EXERCISE DATA:
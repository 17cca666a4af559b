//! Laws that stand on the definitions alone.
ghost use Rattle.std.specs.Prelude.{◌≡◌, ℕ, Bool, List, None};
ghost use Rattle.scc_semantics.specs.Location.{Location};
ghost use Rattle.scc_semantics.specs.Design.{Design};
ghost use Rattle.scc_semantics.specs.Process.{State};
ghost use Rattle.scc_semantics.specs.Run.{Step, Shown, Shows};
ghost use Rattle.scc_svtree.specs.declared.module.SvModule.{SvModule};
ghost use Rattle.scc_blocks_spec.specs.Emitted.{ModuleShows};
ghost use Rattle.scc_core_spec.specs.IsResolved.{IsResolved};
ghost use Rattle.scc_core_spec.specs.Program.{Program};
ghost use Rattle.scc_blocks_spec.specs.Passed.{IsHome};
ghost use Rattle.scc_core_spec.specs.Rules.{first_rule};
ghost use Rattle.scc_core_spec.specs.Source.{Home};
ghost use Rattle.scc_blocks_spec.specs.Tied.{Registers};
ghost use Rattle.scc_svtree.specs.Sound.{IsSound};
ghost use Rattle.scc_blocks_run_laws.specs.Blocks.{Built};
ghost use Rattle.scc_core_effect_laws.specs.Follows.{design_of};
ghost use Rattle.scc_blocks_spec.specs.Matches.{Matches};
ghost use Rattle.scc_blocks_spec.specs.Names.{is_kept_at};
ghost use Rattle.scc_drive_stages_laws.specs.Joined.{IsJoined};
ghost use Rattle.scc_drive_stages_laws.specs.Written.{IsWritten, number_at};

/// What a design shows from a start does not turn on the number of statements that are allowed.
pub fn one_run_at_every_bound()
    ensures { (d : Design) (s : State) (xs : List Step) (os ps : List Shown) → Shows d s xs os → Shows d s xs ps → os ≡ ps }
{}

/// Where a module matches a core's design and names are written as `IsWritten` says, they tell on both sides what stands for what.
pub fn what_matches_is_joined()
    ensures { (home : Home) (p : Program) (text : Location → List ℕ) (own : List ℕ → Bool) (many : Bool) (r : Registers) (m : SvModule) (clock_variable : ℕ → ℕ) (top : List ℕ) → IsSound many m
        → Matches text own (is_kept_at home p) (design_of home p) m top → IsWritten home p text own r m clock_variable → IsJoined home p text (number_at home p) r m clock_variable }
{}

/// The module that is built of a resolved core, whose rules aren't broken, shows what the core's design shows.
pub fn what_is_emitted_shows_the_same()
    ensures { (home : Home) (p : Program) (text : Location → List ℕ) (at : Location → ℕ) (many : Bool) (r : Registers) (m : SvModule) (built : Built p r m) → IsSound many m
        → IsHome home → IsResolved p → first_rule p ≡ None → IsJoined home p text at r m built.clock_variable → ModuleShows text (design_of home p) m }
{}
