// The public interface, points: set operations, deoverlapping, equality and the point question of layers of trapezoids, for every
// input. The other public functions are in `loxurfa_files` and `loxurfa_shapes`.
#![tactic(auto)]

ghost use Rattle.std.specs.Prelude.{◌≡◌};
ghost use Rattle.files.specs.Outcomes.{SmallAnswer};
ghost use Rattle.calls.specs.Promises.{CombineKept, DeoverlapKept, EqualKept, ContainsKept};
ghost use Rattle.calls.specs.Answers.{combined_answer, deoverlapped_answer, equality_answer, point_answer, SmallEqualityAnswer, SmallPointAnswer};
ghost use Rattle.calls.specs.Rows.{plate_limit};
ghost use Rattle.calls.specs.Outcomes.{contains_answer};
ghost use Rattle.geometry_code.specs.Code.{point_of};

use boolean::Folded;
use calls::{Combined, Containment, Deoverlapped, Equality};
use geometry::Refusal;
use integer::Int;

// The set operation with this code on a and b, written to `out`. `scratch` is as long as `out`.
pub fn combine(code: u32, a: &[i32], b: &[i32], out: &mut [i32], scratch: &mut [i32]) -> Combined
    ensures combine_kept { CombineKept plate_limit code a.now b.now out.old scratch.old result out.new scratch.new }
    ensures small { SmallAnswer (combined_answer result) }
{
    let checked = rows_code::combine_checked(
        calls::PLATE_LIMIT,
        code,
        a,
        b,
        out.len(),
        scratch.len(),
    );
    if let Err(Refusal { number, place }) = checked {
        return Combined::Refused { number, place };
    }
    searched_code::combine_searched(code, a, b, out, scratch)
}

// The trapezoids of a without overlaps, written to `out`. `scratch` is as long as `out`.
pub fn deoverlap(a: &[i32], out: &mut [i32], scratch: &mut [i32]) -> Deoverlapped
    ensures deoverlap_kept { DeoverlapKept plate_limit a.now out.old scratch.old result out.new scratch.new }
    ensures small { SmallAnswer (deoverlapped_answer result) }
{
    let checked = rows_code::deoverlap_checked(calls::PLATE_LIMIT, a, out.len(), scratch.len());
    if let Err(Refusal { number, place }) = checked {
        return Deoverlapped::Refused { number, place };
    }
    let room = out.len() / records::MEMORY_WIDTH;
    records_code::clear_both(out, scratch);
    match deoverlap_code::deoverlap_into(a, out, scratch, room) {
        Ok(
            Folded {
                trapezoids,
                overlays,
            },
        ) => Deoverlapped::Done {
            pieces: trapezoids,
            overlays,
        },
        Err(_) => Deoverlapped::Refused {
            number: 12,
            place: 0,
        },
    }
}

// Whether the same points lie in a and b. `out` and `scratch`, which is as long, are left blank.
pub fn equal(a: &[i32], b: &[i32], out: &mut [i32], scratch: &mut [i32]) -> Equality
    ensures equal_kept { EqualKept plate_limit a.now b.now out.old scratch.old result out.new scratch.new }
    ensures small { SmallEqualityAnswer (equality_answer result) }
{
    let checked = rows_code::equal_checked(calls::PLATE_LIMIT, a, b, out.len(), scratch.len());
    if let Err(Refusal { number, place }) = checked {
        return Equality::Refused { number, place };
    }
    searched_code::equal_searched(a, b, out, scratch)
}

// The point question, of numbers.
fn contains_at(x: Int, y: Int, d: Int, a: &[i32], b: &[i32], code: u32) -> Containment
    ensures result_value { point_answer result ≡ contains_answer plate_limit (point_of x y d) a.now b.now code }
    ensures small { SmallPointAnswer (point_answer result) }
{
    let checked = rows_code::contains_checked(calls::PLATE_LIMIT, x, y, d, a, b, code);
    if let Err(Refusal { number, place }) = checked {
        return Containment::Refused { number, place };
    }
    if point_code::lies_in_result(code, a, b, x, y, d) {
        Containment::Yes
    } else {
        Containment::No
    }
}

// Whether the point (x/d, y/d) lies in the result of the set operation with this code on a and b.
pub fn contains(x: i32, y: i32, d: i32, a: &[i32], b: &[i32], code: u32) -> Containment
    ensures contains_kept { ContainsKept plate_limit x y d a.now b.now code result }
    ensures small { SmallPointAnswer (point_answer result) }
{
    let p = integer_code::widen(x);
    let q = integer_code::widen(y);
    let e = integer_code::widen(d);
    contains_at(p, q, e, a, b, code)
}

---

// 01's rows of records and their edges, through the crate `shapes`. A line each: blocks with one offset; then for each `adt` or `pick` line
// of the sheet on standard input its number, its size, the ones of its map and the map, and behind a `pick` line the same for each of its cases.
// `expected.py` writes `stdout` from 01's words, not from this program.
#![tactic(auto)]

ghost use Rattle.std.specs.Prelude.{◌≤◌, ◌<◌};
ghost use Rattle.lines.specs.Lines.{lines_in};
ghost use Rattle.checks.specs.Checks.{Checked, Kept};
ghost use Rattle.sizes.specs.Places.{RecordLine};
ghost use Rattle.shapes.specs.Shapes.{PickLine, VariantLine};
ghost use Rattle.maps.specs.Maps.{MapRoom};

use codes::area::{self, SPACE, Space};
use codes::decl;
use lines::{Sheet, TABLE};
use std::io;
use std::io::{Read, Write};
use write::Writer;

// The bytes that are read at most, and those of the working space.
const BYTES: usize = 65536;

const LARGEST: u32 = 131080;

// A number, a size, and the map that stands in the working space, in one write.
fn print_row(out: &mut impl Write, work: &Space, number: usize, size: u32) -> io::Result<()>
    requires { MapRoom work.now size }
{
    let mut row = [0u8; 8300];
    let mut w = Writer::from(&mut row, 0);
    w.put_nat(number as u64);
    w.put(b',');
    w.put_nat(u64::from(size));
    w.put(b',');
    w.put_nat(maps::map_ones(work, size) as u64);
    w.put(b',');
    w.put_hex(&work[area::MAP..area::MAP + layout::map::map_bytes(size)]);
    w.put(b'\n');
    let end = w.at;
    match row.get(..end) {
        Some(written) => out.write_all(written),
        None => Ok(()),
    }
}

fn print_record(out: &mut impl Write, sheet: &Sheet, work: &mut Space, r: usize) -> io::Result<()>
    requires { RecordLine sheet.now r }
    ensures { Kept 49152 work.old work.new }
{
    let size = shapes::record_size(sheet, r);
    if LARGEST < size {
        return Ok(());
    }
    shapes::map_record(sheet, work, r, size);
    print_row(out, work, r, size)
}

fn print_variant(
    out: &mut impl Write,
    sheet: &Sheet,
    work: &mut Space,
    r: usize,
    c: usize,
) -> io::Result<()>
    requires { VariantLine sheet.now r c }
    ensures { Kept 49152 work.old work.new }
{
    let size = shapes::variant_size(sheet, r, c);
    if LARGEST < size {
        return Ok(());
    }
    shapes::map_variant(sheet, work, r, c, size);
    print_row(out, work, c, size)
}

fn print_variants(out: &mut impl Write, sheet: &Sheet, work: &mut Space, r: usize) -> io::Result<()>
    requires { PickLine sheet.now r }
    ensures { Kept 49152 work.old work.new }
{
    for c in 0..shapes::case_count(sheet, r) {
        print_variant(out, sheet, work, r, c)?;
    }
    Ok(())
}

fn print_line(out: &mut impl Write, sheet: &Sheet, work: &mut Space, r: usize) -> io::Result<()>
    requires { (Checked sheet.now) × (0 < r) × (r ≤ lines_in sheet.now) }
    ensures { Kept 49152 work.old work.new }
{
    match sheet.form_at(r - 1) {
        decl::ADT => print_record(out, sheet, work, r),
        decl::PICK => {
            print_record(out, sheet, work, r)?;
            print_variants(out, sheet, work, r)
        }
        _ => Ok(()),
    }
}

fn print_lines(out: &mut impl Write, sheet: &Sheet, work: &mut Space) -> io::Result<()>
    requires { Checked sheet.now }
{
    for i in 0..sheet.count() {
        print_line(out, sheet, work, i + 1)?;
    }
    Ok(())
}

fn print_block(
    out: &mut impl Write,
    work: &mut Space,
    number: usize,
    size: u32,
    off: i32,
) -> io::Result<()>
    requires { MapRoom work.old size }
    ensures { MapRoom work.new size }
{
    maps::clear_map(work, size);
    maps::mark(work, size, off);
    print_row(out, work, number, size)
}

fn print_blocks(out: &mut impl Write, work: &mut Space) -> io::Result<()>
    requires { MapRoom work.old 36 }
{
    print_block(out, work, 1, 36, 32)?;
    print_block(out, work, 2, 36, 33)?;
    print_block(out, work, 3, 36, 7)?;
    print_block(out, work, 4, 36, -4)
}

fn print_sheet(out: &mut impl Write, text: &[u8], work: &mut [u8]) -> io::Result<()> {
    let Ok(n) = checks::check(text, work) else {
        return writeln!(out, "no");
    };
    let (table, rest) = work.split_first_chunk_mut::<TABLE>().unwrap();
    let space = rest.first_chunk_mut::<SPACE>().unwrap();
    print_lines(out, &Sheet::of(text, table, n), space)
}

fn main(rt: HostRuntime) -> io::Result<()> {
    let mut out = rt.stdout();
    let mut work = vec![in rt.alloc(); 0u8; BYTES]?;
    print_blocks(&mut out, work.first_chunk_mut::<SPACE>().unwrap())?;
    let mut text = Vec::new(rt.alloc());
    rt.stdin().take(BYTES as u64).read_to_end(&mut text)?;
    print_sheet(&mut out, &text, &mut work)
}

* * *

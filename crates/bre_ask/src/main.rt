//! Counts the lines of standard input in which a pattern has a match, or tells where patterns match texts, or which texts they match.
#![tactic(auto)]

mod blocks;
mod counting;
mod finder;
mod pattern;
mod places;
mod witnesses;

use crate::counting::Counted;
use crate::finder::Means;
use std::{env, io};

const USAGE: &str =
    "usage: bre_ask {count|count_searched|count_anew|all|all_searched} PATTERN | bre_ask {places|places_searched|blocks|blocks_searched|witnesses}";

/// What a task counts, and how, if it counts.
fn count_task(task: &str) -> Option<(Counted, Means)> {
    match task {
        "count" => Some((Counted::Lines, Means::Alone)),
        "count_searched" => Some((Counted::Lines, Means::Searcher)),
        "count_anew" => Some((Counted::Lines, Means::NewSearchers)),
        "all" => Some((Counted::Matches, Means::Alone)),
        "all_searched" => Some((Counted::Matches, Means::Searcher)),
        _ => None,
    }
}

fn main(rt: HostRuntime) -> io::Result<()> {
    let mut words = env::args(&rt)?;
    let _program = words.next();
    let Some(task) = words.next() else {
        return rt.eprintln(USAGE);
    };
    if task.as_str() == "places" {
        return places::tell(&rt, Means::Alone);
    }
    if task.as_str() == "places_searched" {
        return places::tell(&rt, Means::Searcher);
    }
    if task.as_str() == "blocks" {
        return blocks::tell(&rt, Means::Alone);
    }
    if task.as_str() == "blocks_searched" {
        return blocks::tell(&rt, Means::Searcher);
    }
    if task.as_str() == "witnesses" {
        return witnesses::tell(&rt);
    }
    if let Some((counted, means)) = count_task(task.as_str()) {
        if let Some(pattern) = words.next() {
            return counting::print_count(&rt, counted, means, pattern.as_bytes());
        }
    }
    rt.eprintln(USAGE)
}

EXERCISE DETAILS: Reprint exactly the lines above that start at the one with "repository 17cca666a4af559b" and end at the one with "stands for what.", keeping both and adding none.

TASK ANSWER:
repository 17cca666a4af559b
//! Laws that stand on the definitions alone.
ghost use Rattle.std.specs.Prelude.{◌≡◌, ℕ, Bool, List, None};
ghost use Rattle.scc_semantics.specs.Location.{Location};
ghost use Rattle.scc_semantics.specs.Design.{Design};
ghost use Rattle.scc_semantics.specs.Process.{State};
ghost use Rattle.scc_semantics.specs.Run.{Step, Shown, Shows};
ghost use Rattle.scc_svtree.specs.declared.module.SvModule.{SvModule};
ghost use Rattle.scc_blocks_spec.specs.Emitted.{ModuleShows};
ghost use Rattle.scc_core_spec.specs.IsResolved.{IsResolved};
ghost use Rattle.scc_core_spec.specs.Program.{Program};
ghost use Rattle.scc_blocks_spec.specs.Passed.{IsHome};
ghost use Rattle.scc_core_spec.specs.Rules.{first_rule};
ghost use Rattle.scc_core_spec.specs.Source.{Home};
ghost use Rattle.scc_blocks_spec.specs.Tied.{Registers};
ghost use Rattle.scc_svtree.specs.Sound.{IsSound};
ghost use Rattle.scc_blocks_run_laws.specs.Blocks.{Built};
ghost use Rattle.scc_core_effect_laws.specs.Follows.{design_of};
ghost use Rattle.scc_blocks_spec.specs.Matches.{Matches};
ghost use Rattle.scc_blocks_spec.specs.Names.{is_kept_at};
ghost use Rattle.scc_drive_stages_laws.specs.Joined.{IsJoined};
ghost use Rattle.scc_drive_stages_laws.specs.Written.{IsWritten, number_at};

/// What a design shows from a start does not turn on the number of statements that are allowed.
pub fn one_run_at_every_bound()
    ensures { (d : Design) (s : State) (xs : List Step) (os ps : List Shown) → Shows d s xs os → Shows d s xs ps → os ≡ ps }
{}

/// Where a module matches a core's design and names are written as `IsWritten` says, they tell on both sides what stands for what.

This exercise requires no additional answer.